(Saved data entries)
'''

//! What stands behind an event's word, and the event that it makes.

use crate::script::{Breach, Event, Pattern, Which};
use serde_json::Value;
use serve_recordings::bytes_of;
use serve_requests::LONGEST;
use serve_states::{Vice, is_state};
use std::alloc::{AllocError, Global};

/// The most that a number in a script may be.
const LARGEST: u64 = 1_000_000;

/// What stands behind an event's word.
#[derive(Clone, Copy)]
pub(crate) enum Field {
    Request,
    Steps,
    Bytes,
    Piece,
    Milliseconds,
    Text,
    Batch,
    Breach,
    State,
    /// Tokens in hexadecimal digits, which are an answer.
    Tokens,
    /// The same, and they need not be one.
    AnyTokens,
}

impl Field {
    /// What it is, in words.
    pub(crate) fn wanted(self) -> &'static str {
        match self {
            Field::Request => "a request's number on its connection, 0 to 1000000, or its text",
            Field::Steps => "a count of steps, 0 to 1000000",
            Field::Bytes => "a count of bytes, 0 to 1000000",
            Field::Piece => "a count of bytes, 1 to 1000000",
            Field::Milliseconds => "a count of milliseconds, 0 to 1000000",
            Field::Text => "a text of a request",
            Field::Batch => "a text of 1 to 2000 units",
            Field::Breach => "one of no_done, no_end, unasked and more",
            Field::State => "the name of a session's state",
            Field::Tokens | Field::AnyTokens => "a text of tokens in hexadecimal digits",
        }
    }

    /// Whether a value can stand there.
    pub(crate) fn takes(self, value: &Value) -> bool {
        match self {
            Field::Request => is_number(value, 0) || value.as_str().is_some(),
            Field::Steps | Field::Bytes | Field::Milliseconds => is_number(value, 0),
            Field::Piece => is_number(value, 1),
            Field::Text | Field::Tokens | Field::AnyTokens => value.as_str().is_some(),
            Field::Breach => breach_of(value.as_str().unwrap_or("")).is_some(),
            Field::State => is_state(value.as_str().unwrap_or("")),
            Field::Batch => match value.as_str() {
                Some(text) => (1..=LONGEST).contains(&text.encode_utf16().count()),
                None => false,
            },
        }
    }
}

/// Whether a value is a number from this one on.
fn is_number(value: &Value, least: u64) -> bool {
    match value.as_u64() {
        Some(number) => number >= least && number <= LARGEST,
        None => false,
    }
}

/// What stands behind a word; none where there is no such word.
pub(crate) fn fields_of(word: &str) -> Option<&'static [Field]> {
    match word {
        "hold" | "cross" => Some(&[Field::Request, Field::Steps]),
        "cut" => Some(&[Field::Request, Field::Bytes]),
        "split" => Some(&[Field::Piece]),
        "answer" => Some(&[Field::Text, Field::Batch]),
        "answer_hex" => Some(&[Field::Text, Field::Tokens]),
        "broken_hex" => Some(&[Field::Text, Field::AnyTokens]),
        "deaf" => Some(&[Field::Request]),
        "late" => Some(&[Field::Request, Field::Milliseconds]),
        "close" => Some(&[Field::Milliseconds]),
        "refuse" | "fail_reset" | "last_number" | "unrecoverable" => Some(&[]),
        "untold" | "left" => Some(&[Field::State]),
        "long" => Some(&[Field::State, Field::Bytes]),
        "break" => Some(&[Field::Request, Field::Breach]),
        _ => None,
    }
}

/// The breach of this name.
fn breach_of(name: &str) -> Option<Breach> {
    match name {
        "no_done" => Some(Breach::NoDone),
        "no_end" => Some(Breach::NoEnd),
        "unasked" => Some(Breach::Unasked),
        "more" => Some(Breach::More),
        _ => None,
    }
}

/// The event of this word with these values, each of which can stand there.
pub(crate) fn event_of(
    alloc: Global,
    word: &str,
    fields: &[Value],
) -> Result<Option<Event>, AllocError> {
    match word {
        "refuse" => Ok(Some(Event::Refuse)),
        "fail_reset" => Ok(Some(Event::FailReset)),
        "split" | "close" => Ok(lone_event(word, fields.first())),
        "answer" | "answer_hex" | "broken_hex" => text_event(alloc, word, fields),
        "last_number" => Ok(Some(Event::Tells(Vice::LastNumber))),
        "unrecoverable" => Ok(Some(Event::Tells(Vice::Unrecoverable))),
        "untold" | "left" | "long" => state_event(alloc, word, fields),
        _ => request_event(alloc, word, fields),
    }
}

/// The event of this word that has a number alone.
fn lone_event(word: &str, value: Option<&Value>) -> Option<Event> {
    let number = number_of(value?)?;
    if word == "split" {
        Some(Event::Split { bytes: number })
    } else {
        Some(Event::Close {
            milliseconds: number,
        })
    }
}

/// The event of this word that is of one state.
fn state_event(alloc: Global, word: &str, fields: &[Value]) -> Result<Option<Event>, AllocError> {
    let [name, rest @ ..] = fields else {
        return Ok(None);
    };
    let name = String::from_str(alloc, name.as_str().unwrap_or(""))?;
    let vice = match (word, rest) {
        ("untold", _) => Vice::Untold(name),
        ("left", _) => Vice::Left(name),
        (_, [number]) => {
            let bytes = number_of(number).unwrap_or(0) as usize;
            Vice::Long { name, bytes }
        }
        _ => return Ok(None),
    };
    Ok(Some(Event::Tells(vice)))
}

/// The event of this word that answers a text.
fn text_event(alloc: Global, word: &str, fields: &[Value]) -> Result<Option<Event>, AllocError> {
    let [text, answer] = fields else {
        return Ok(None);
    };
    let text = pattern_of(alloc, text.as_str().unwrap_or(""))?;
    let answer = answer.as_str().unwrap_or("");
    if word == "answer" {
        let batch = units_of(alloc, answer)?;
        return Ok(Some(Event::Answer { text, batch }));
    }
    match bytes_of(alloc, answer)? {
        Ok(tokens) => Ok(Some(Event::Tokens { text, tokens })),
        Err(_) => Ok(None),
    }
}

/// The event of this word that is of one request.
fn request_event(alloc: Global, word: &str, fields: &[Value]) -> Result<Option<Event>, AllocError> {
    let [request, rest @ ..] = fields else {
        return Ok(None);
    };
    let request = which_of(alloc, request)?;
    match (word, rest) {
        ("deaf", _) => Ok(Some(Event::Deaf { request })),
        ("break", [name]) => {
            let breach = breach_of(name.as_str().unwrap_or("")).unwrap_or(Breach::NoDone);
            Ok(Some(Event::Break { request, breach }))
        }
        (_, [number]) => {
            let number = number_of(number).unwrap_or(0);
            Ok(Some(numbered_event(word, request, number)))
        }
        _ => Ok(None),
    }
}

/// The event of this word that is of one request and has this number.
fn numbered_event(word: &str, request: Which, number: u32) -> Event {
    match word {
        "hold" => Event::Hold {
            request,
            steps: number,
        },
        "cross" => Event::Cross {
            request,
            steps: number,
        },
        "late" => Event::Late {
            request,
            milliseconds: number,
        },
        _ => Event::Cut {
            request,
            bytes: number,
        },
    }
}

/// The request that a value names.
fn which_of(alloc: Global, value: &Value) -> Result<Which, AllocError> {
    match value.as_str() {
        Some(text) => Ok(Which::Text(pattern_of(alloc, text)?)),
        None => Ok(Which::Number(number_of(value).unwrap_or(0))),
    }
}

/// The texts that are like this one: a star at its end stands for anything.
fn pattern_of(alloc: Global, text: &str) -> Result<Pattern, AllocError> {
    let is_front = text.ends_with('*');
    let mut text = units_of(alloc, text)?;
    if is_front {
        let _ = text.pop();
    }
    Ok(Pattern { text, is_front })
}

/// The units of a text.
fn units_of(alloc: Global, text: &str) -> Result<Vec<u16>, AllocError> {
    let mut units = Vec::new(alloc);
    for unit in text.encode_utf16() {
        units.push(unit)?;
    }
    Ok(units)
}

fn number_of(value: &Value) -> Option<u32> {
    u32::try_from(value.as_u64()?).ok()
}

'''

**WHAT YOU SHOULD DO**
Lines containing the word "rest": how many are there in the data above? Reply with only that number.

**TASK RESPONSE**
4